I'm not a very religious person... in the sense that I don't subscribe to any particular religion.... and frankly I'm not the biggest fan of organized religion but.... I am certainly a spiritual person and I do believe in a higher power.... or a connectedness amongst all things. Having said that (and that sounding way more deep that what I was planning on blogging tonight), this next thing I'm going to say is going to sound cheesy and silly... but... Last week I was watching Evan all-mighty with my family, which is admittedly a cheesy movie, and I was struck by some of the comments that "God" (played so well by Morgan Freeman) said:

"Let me ask you something. If someone prays for patience, you think God gives them patience? Or does he give them the opportunity to be patient? If he prayed for courage, does God give him courage, or does he give him opportunities to be courageous? If someone prayed for the family to be closer, do you think God zaps them with warm fuzzy feelings, or does he give them opportunities to love each other? "

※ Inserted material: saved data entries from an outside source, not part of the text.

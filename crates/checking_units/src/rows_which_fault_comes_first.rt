//! which fault comes first: what the definition of checking answers.
ghost use Rattle.std.specs.Prelude.{◌≡◌};
ghost use Rattle.checking_units.specs.Parts.{outcome, accepted, breaks};
ghost use Rattle.checking_units.specs.RowsWhichFaultComesFirst as rows;

/// which fault comes first.
pub fn rows_which_fault_comes_first()
    ensures which_fault_comes_first_1 { outcome rows.which_fault_comes_first_1 ≡ breaks 48 16 }
    ensures which_fault_comes_first_2 { outcome rows.which_fault_comes_first_2 ≡ breaks 27 8 }
    ensures which_fault_comes_first_3 { outcome rows.which_fault_comes_first_3 ≡ breaks 2 21 }
    ensures which_fault_comes_first_4 { outcome rows.which_fault_comes_first_4 ≡ breaks 2 27 }
    ensures which_fault_comes_first_5 { outcome rows.which_fault_comes_first_5 ≡ breaks 22 28 }
    ensures which_fault_comes_first_6 { outcome rows.which_fault_comes_first_6 ≡ breaks 2 28 }
    ensures which_fault_comes_first_7 { outcome rows.which_fault_comes_first_7 ≡ breaks 22 20 }
    ensures which_fault_comes_first_8 { outcome rows.which_fault_comes_first_8 ≡ breaks 3 31 }
    ensures which_fault_comes_first_9 { outcome rows.which_fault_comes_first_9 ≡ breaks 3 24 }
    ensures which_fault_comes_first_10 { outcome rows.which_fault_comes_first_10 ≡ breaks 4 92 }
    ensures which_fault_comes_first_11 { outcome rows.which_fault_comes_first_11 ≡ breaks 5 16 }
    ensures which_fault_comes_first_12 { outcome rows.which_fault_comes_first_12 ≡ breaks 5 7 }
    ensures which_fault_comes_first_13 { outcome rows.which_fault_comes_first_13 ≡ breaks 29 30 }
    ensures which_fault_comes_first_14 { outcome rows.which_fault_comes_first_14 ≡ accepted }
    ensures which_fault_comes_first_15 { outcome rows.which_fault_comes_first_15 ≡ breaks 26 48 }
    ensures which_fault_comes_first_16 { outcome rows.which_fault_comes_first_16 ≡ breaks 5 55 }
    ensures which_fault_comes_first_17 { outcome rows.which_fault_comes_first_17 ≡ breaks 5 9 }
    ensures which_fault_comes_first_18 { outcome rows.which_fault_comes_first_18 ≡ breaks 32 15 }
    ensures which_fault_comes_first_19 { outcome rows.which_fault_comes_first_19 ≡ breaks 29 1 }
    ensures which_fault_comes_first_20 { outcome rows.which_fault_comes_first_20 ≡ breaks 31 1 }
    ensures which_fault_comes_first_21 { outcome rows.which_fault_comes_first_21 ≡ breaks 31 6 }
    ensures which_fault_comes_first_22 { outcome rows.which_fault_comes_first_22 ≡ breaks 47 22 }
    ensures which_fault_comes_first_23 { outcome rows.which_fault_comes_first_23 ≡ accepted }
{}
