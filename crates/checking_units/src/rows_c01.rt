//! C01: name begins with cake_: what the definition of checking answers.
ghost use Rattle.std.specs.Prelude.{◌≡◌};
ghost use Rattle.checking_units.specs.Parts.{outcome, breaks};
ghost use Rattle.checking_units.specs.RowsC01 as rows;

/// C01: name begins with cake_.
pub fn rows_c01()
    ensures c01_1 { outcome rows.c01_1 ≡ breaks 1 16 }
    ensures c01_2 { outcome rows.c01_2 ≡ breaks 1 8 }
    ensures c01_3 { outcome rows.c01_3 ≡ breaks 1 8 }
    ensures c01_4 { outcome rows.c01_4 ≡ breaks 1 6 }
    ensures c01_5 { outcome rows.c01_5 ≡ breaks 1 11 }
    ensures c01_6 { outcome rows.c01_6 ≡ breaks 1 8 }
    ensures c01_7 { outcome rows.c01_7 ≡ breaks 1 13 }
    ensures c01_8 { outcome rows.c01_8 ≡ breaks 1 20 }
    ensures c01_9 { outcome rows.c01_9 ≡ breaks 1 25 }
    ensures c01_10 { outcome rows.c01_10 ≡ breaks 1 17 }
    ensures c01_11 { outcome rows.c01_11 ≡ breaks 1 8 }
    ensures c01_12 { outcome rows.c01_12 ≡ breaks 1 6 }
{}
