//! initializers by form: what the definition of checking answers.
ghost use Rattle.std.specs.Prelude.{◌≡◌};
ghost use Rattle.checking_units.specs.Parts.{outcome, accepted, breaks};
ghost use Rattle.checking_units.specs.RowsInitializersByForm1 as rows;

/// initializers by form.
pub fn rows_initializers_by_form_1()
    ensures initializers_by_form_1 { outcome rows.initializers_by_form_1 ≡ accepted }
    ensures initializers_by_form_2 { outcome rows.initializers_by_form_2 ≡ breaks 33 25 }
    ensures initializers_by_form_3 { outcome rows.initializers_by_form_3 ≡ breaks 33 29 }
    ensures initializers_by_form_4 { outcome rows.initializers_by_form_4 ≡ breaks 33 123 }
    ensures initializers_by_form_5 { outcome rows.initializers_by_form_5 ≡ accepted }
    ensures initializers_by_form_6 { outcome rows.initializers_by_form_6 ≡ accepted }
    ensures initializers_by_form_7 { outcome rows.initializers_by_form_7 ≡ accepted }
    ensures initializers_by_form_8 { outcome rows.initializers_by_form_8 ≡ accepted }
    ensures initializers_by_form_9 { outcome rows.initializers_by_form_9 ≡ accepted }
    ensures initializers_by_form_10 { outcome rows.initializers_by_form_10 ≡ breaks 34 13 }
    ensures initializers_by_form_11 { outcome rows.initializers_by_form_11 ≡ breaks 34 62 }
    ensures initializers_by_form_12 { outcome rows.initializers_by_form_12 ≡ breaks 34 27 }
    ensures initializers_by_form_13 { outcome rows.initializers_by_form_13 ≡ breaks 34 14 }
    ensures initializers_by_form_14 { outcome rows.initializers_by_form_14 ≡ breaks 16 46 }
    ensures initializers_by_form_15 { outcome rows.initializers_by_form_15 ≡ accepted }
    ensures initializers_by_form_16 { outcome rows.initializers_by_form_16 ≡ breaks 16 67 }
    ensures initializers_by_form_17 { outcome rows.initializers_by_form_17 ≡ accepted }
    ensures initializers_by_form_18 { outcome rows.initializers_by_form_18 ≡ breaks 33 15 }
    ensures initializers_by_form_19 { outcome rows.initializers_by_form_19 ≡ breaks 33 32 }
    ensures initializers_by_form_20 { outcome rows.initializers_by_form_20 ≡ breaks 5 20 }
    ensures initializers_by_form_21 { outcome rows.initializers_by_form_21 ≡ breaks 35 12 }
    ensures initializers_by_form_22 { outcome rows.initializers_by_form_22 ≡ breaks 16 25 }
    ensures initializers_by_form_23 { outcome rows.initializers_by_form_23 ≡ breaks 22 35 }
    ensures initializers_by_form_24 { outcome rows.initializers_by_form_24 ≡ breaks 22 17 }
{}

I know it's silly because it's from a movie but I'm really moved by this quote. I whole heartily believe that it is true. I've had opportunities all my life to get in shape and get fit as well as opportunities to eat poorly and make poor choices... which I've done my fair share of when it comes to my health. Some times I made the right choices and I took advantages of those opportunities for a while... and I got in really good shape and I maintained it.... but lately I've been making poor choices. Actually for the last 10 years I've been consistently making those poor choices. Well starting tonight, starting this very instant I'm going to be making more of those opportunities, I'm going to be choosing more wisely and I want each and every one of you out there reading this to hold me accountable to that. Please, please do, it's going to help me a lot to know that you all are helping to keep me honest on this one.

Anywho, back to what this section was supposed to be about... the things that I've learned and hence going to do better tomorrow:

  1. I'm going to work on not justifying things and stick to the plan.
  2. I'm going to see my opportunities for what they are and take advantage of them.
  3. I'm going to lay down some ground rules for next time Tiffany comes to town :)
  4. I'm going to plan more!

2 comments:

Unknown said...

Josh, sounds like you're taking the right steps. I liked that quote from the movie as well, haven't seen it, but it's a good quote. I think it's good that you're asking for help from others. I know that helped my mom out a lot to get help from her family. If you get those close to you on board to help, they can really make a difference, like getting rid of the temptations instead of giving them to you. Keep it up and don't get discouraged.

Joshua Cork said...

Thanks mitch! Things are going pretty well I just need to keep it up!